• YOUR GOAL:
If a line includes "which", copy it out of the entries.

(Stored data entries)
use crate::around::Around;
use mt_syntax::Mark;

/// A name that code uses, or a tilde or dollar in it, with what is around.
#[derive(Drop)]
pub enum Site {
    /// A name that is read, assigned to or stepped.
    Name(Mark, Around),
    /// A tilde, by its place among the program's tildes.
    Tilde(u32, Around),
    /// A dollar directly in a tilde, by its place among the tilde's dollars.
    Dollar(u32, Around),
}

...

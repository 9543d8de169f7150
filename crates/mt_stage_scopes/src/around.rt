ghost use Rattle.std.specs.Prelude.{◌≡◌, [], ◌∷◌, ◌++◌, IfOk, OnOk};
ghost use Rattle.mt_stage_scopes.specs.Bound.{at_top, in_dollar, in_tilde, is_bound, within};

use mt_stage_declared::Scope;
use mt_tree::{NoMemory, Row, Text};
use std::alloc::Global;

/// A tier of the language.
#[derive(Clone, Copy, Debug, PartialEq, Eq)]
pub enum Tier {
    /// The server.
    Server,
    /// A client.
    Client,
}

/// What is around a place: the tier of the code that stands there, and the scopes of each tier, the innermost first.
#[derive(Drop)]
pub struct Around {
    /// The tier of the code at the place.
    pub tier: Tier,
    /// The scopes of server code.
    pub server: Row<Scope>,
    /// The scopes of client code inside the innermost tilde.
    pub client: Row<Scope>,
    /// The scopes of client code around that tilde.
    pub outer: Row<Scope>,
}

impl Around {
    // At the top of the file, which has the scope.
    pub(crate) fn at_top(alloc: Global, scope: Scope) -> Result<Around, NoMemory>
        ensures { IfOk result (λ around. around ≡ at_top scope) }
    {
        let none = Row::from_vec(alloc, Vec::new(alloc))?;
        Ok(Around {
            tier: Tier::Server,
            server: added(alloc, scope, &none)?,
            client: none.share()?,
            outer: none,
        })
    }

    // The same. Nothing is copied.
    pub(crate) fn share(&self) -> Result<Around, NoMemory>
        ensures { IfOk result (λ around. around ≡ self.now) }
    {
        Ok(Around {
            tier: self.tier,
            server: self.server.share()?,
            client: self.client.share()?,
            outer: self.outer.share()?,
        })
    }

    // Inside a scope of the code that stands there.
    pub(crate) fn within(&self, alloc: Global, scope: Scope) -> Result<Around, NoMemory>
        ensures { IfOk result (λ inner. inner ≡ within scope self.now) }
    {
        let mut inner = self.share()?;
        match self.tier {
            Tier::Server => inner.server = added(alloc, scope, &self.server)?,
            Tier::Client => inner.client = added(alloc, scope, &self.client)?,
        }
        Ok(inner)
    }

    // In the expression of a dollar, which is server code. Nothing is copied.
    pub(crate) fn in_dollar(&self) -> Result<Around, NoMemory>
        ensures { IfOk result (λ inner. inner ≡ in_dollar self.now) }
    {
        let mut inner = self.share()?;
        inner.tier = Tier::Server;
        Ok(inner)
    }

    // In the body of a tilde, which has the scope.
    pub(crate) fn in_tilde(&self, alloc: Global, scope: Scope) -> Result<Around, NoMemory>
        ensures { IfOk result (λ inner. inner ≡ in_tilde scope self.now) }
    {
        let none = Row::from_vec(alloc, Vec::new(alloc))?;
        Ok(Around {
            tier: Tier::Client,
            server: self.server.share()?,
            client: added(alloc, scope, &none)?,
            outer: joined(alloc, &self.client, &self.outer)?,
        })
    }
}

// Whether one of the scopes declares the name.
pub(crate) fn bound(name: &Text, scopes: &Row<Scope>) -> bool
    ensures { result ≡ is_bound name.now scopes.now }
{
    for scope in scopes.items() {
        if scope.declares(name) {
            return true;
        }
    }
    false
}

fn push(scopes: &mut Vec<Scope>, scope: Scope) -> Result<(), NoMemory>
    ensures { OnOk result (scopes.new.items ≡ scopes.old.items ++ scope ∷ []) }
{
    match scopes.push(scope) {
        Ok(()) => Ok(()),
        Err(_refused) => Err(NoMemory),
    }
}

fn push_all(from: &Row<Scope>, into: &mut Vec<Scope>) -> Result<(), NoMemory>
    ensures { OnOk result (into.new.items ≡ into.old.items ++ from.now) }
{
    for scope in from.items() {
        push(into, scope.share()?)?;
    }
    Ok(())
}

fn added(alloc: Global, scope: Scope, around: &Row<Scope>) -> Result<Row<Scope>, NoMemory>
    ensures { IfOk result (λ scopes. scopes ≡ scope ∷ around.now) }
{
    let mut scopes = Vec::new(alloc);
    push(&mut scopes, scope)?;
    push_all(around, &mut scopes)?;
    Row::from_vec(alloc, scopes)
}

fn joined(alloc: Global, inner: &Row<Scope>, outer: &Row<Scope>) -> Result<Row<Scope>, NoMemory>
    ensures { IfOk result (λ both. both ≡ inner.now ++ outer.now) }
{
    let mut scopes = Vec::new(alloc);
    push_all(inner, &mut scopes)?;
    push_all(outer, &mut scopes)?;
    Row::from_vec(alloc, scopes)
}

• FINISHED TASK:
    // At the top of the file, which has the scope.
    // In the expression of a dollar, which is server code. Nothing is copied.
    // In the body of a tilde, which has the scope.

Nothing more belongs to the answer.